Task item: Determine how many lines below include the string "ImagesState". Reply with the number only.

Records supplied:
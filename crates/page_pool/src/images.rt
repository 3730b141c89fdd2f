ghost use Rattle.std.specs.Prelude.{◌≡◌, ◌+◌, ◌<◌, ◌^◌, ℕ, Some, None, true, OnOk, OnErr, IfOk, IfSome, ◌≢◌};
ghost use Rattle.std.specs.FinMap as map;
ghost use Rattle.std.specs.FinSet as set;
ghost use Rattle.page_pool.specs.Images.{no_images, newest_place, past_place, seen_place, seen_homes, seen_past};
ghost use Rattle.page_pool.specs.Images.{IsImages, IsFreePlace, SettlesImage, LeavesImage};

use crate::held::Held;
use crate::home::Home;
use crate::past::Replaced;
use crate::table::Table;
use sand_base::NoMemory;
use std::alloc::Global;
use std::cell::Cell;
use std::marker::Model;

/// Where the written images of pages lie, the replaced ones too, and which of them held stamps see. It has no disk.
#[derive(Drop)]
pub(crate) struct Images {
    homes: Table<Home>,
    past: Replaced,
    held: Held,
    begun: u64,
    changed: u64,
    top: u64,
    // where the search for an image that no stamp sees begins
    start: Cell<u64>,
}

impl Model for Images {
    ghost use Rattle.page_pool.specs.Images.{ImagesState, images_of, IsImages};
    ghost use Rattle.page_pool.specs.Codes.{images_code};

    ghost Value = { ImagesState };

    ghost coded = { images_code };

    ghost view = { λ a. images_of a.homes a.past a.held a.begun a.changed a.top };

    ghost invariant = { λ a. IsImages (images_of a.homes a.past a.held a.begun a.changed a.top) };
}

impl Images {
    pub(crate) fn new(alloc: Global) -> Images
        ensures { result ≡ no_images }
    {
        Images {
            homes: Table::new(alloc),
            past: Replaced::new(alloc),
            held: Held::new(alloc),
            begun: 0,
            changed: 0,
            top: 0,
            start: Cell::new(0),
        }
    }

    // Where the newest written image of page `n` lies.
    #[inline]
    pub(crate) fn newest_place(&self, n: u64) -> Option<u64>
        ensures place { result ≡ newest_place self.now n }
        ensures whole { IsImages self.now }
    {
        match self.homes.get(n) {
            Some(home) => Some(home.place),
            None => None,
        }
    }

    // Where the image lies that the stamp sees as page `n`.
    pub(crate) fn seen_place(&self, at: u64, n: u64) -> Option<u64>
        ensures { result ≡ seen_place at self.now n }
    {
        match self.home(n) {
            Some(home) if home.made <= at => Some(home.place),
            Some(_) => self.past_place(at, n),
            None => self.past_place(at, n),
        }
    }

    // Where the replaced image lies that the stamp sees as page `n`.
    fn past_place(&self, at: u64, n: u64) -> Option<u64>
        ensures { result ≡ past_place at self.now.past n }
    {
        let _past = &self.past; // (no two of them are shown as one page)
        self.past.shown_place(n, at)
    }

    // The stamp in the slot: how many commands had begun as it was taken.
    pub(crate) fn stamp(&self, slot: u64) -> Option<u64>
        ensures stamp { result ≡ map.get self.now.held slot }
        ensures whole { IsImages self.now }
    {
        self.held.get(slot)
    }

    // How many commands began so far.
    #[inline]
    pub(crate) fn begun(&self) -> u64
        ensures begun { result ≡ self.now.begun }
        ensures whole { IsImages self.now }
    {
        self.begun
    }

    // How many had begun at the last change of an image.
    #[inline]
    pub(crate) fn changed(&self) -> u64
        ensures { result ≡ self.now.changed }
    {
        self.changed
    }

    // Whether a held stamp of an earlier command sees the newest image of page `n`.
    pub(crate) fn is_home_seen(&self, n: u64) -> bool
        ensures { result ≡ set.contains (seen_homes self.now) n }
    {
        match self.homes.get(n) {
            Some(home) => self.held.sees(home.made, self.begun),
            None => false,
        }
    }

    // How many pages have a newest image.
    pub(crate) fn count(&self) -> usize
        ensures count { result ≡ map.len self.now.homes }
        ensures small { result < 2 ^ 63 }
    {
        self.homes.len()
    }

    // How many replaced images some held stamp sees.
    pub(crate) fn seen_count(&self) -> usize
        ensures { result ≡ set.len (seen_past self.now) }
    {
        self.past.count_seen(&self.held)
    }

    // A place where page `n` may be written: its own, where no stamp sees the image there, else that of a replaced
    // image that none sees, else the next one above all.
    pub(crate) fn target(&self, n: u64) -> Result<u64, NoMemory>
        ensures free { IfOk result (IsFreePlace self.now n) }
        ensures whole { IsImages self.now }
    {
        if let Some(home) = self.homes.get(n)
            && !self.held.sees(home.made, self.begun)
        {
            return Ok(home.place);
        }
        if let Some(place) = self.past.first_unseen(self.start.get(), &self.held) {
            self.start.set(place);
            return Ok(place);
        }
        match self.top.checked_add(1) {
            Some(place) => Ok(place),
            None => Err(NoMemory {}),
        }
    }

    // Page `n` was written at this place. After a refusal all is as it was.
    pub(crate) fn settle(&mut self, n: u64, place: u64) -> Result<(), NoMemory>
        requires { IsFreePlace self.old n place }
        ensures settled { OnOk result (SettlesImage self.old self.new n place) }
        ensures unchanged { OnErr result (self.new ≡ self.old) }
        ensures whole { IsImages self.new }
    {
        let home = self.home(n);
        match home {
            Some(home) if home.place != place => self.move_home(n, home, place),
            _ => self.put_home(n, place),
        }
    }

    // The newest image of page `n`.
    fn home(&self, n: u64) -> Option<Home>
        ensures { result ≡ map.get self.now.homes n }
    {
        match self.homes.get(n) {
            Some(home) => Some(*home),
            None => None,
        }
    }

    // Page `n`, which has no image or one at this place, was written at the place.
    fn put_home(&mut self, n: u64, place: u64) -> Result<(), NoMemory>
        requires free { IsFreePlace self.old n place }
        requires own { IfSome (map.get self.old.homes n) (λ home. home.place ≡ place) }
        ensures settled { OnOk result (SettlesImage self.old self.new n place) }
        ensures unchanged { OnErr result (self.new ≡ self.old) }
        ensures whole { IsImages self.new }
    {
        let made = self.begun;
        self.homes.insert(n, Home { place, made })?;
        self.past.remove(place);
        self.changed = made;
        self.top = self.top.max(place);
        Ok(())
    }

    // Page `n`, whose image lies elsewhere, was written at the place: the image joins the replaced ones.
    fn move_home(&mut self, n: u64, home: Home, place: u64) -> Result<(), NoMemory>
        requires free { IsFreePlace self.old n place }
        requires old { map.get self.old.homes n ≡ Some home }
        requires elsewhere { home.place ≢ place }
        ensures settled { OnOk result (SettlesImage self.old self.new n place) }
        ensures unchanged { OnErr result (self.new ≡ self.old) }
        ensures whole { IsImages self.new }
    {
        let made = self.begun;
        self.past
            .insert(home.place, home.replaced(n, made), &self.held)?;
        match self.homes.insert(n, Home { place, made }) {
            Ok(()) => {
                self.past.remove(place);
                self.changed = made;
                self.top = self.top.max(place);
                Ok(())
            }
            Err(why) => {
                self.past.remove(home.place);
                Err(why)
            }
        }
    }

    // Page `n` is no more: its newest image joins the replaced ones. After a refusal all is as it was.
    pub(crate) fn leave(&mut self, n: u64) -> Result<(), NoMemory>
        ensures left { OnOk result (LeavesImage self.old self.new n) }
        ensures unchanged { OnErr result (self.new ≡ self.old) }
        ensures whole { IsImages self.new }
    {
        match self.home(n) {
            Some(home) => self.leave_home(n, home),
            None => {
                self.changed = self.begun;
                Ok(())
            }
        }
    }

    // Page `n`, which has this image, is no more.
    fn leave_home(&mut self, n: u64, home: Home) -> Result<(), NoMemory>
        requires { map.get self.old.homes n ≡ Some home }
        ensures left { OnOk result (LeavesImage self.old self.new n) }
        ensures unchanged { OnErr result (self.new ≡ self.old) }
        ensures whole { IsImages self.new }
    {
        let begun = self.begun;
        self.past
            .insert(home.place, home.replaced(n, begun), &self.held)?;
        self.homes.take(n);
        self.changed = begun;
        self.start.set(self.start.get().min(home.place));
        Ok(())
    }

    // Holds a stamp of the last command that began.
    pub(crate) fn keep(&mut self) -> Result<u64, NoMemory>
        ensures free { IfOk result (λ slot. map.get self.old.held slot ≡ None) }
        ensures kept { IfOk result (λ slot. self.new ≡ record self.old { held = map.insert self.old.held slot self.old.begun }) }
        ensures unchanged { OnErr result (self.new ≡ self.old) }
        ensures before { IsImages self.old }
        ensures whole { IsImages self.new }
    {
        self.held.keep(self.begun)
    }

    // The stamp in the slot is held no more.
    pub(crate) fn release(&mut self, slot: u64)
        ensures released { self.new ≡ record self.old { held = map.remove self.old.held slot } }
        ensures before { IsImages self.old }
        ensures whole { IsImages self.new }
    {
        self.held.release(slot);
        self.start.set(0);
    }

    // One more command begins. It is refused after the greatest number of them.
    pub(crate) fn advance(&mut self) -> Result<(), NoMemory>
        ensures begun { OnOk result (self.new ≡ record self.old { begun = self.old.begun + 1 }) }
        ensures unchanged { OnErr result (self.new ≡ self.old) }
        ensures before { IsImages self.old }
        ensures whole { IsImages self.new }
    {
        match self.begun.checked_add(1) {
            Some(begun) => {
                self.begun = begun;
                Ok(())
            }
            None => Err(NoMemory {}),
        }
    }
}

Solution to this task: 2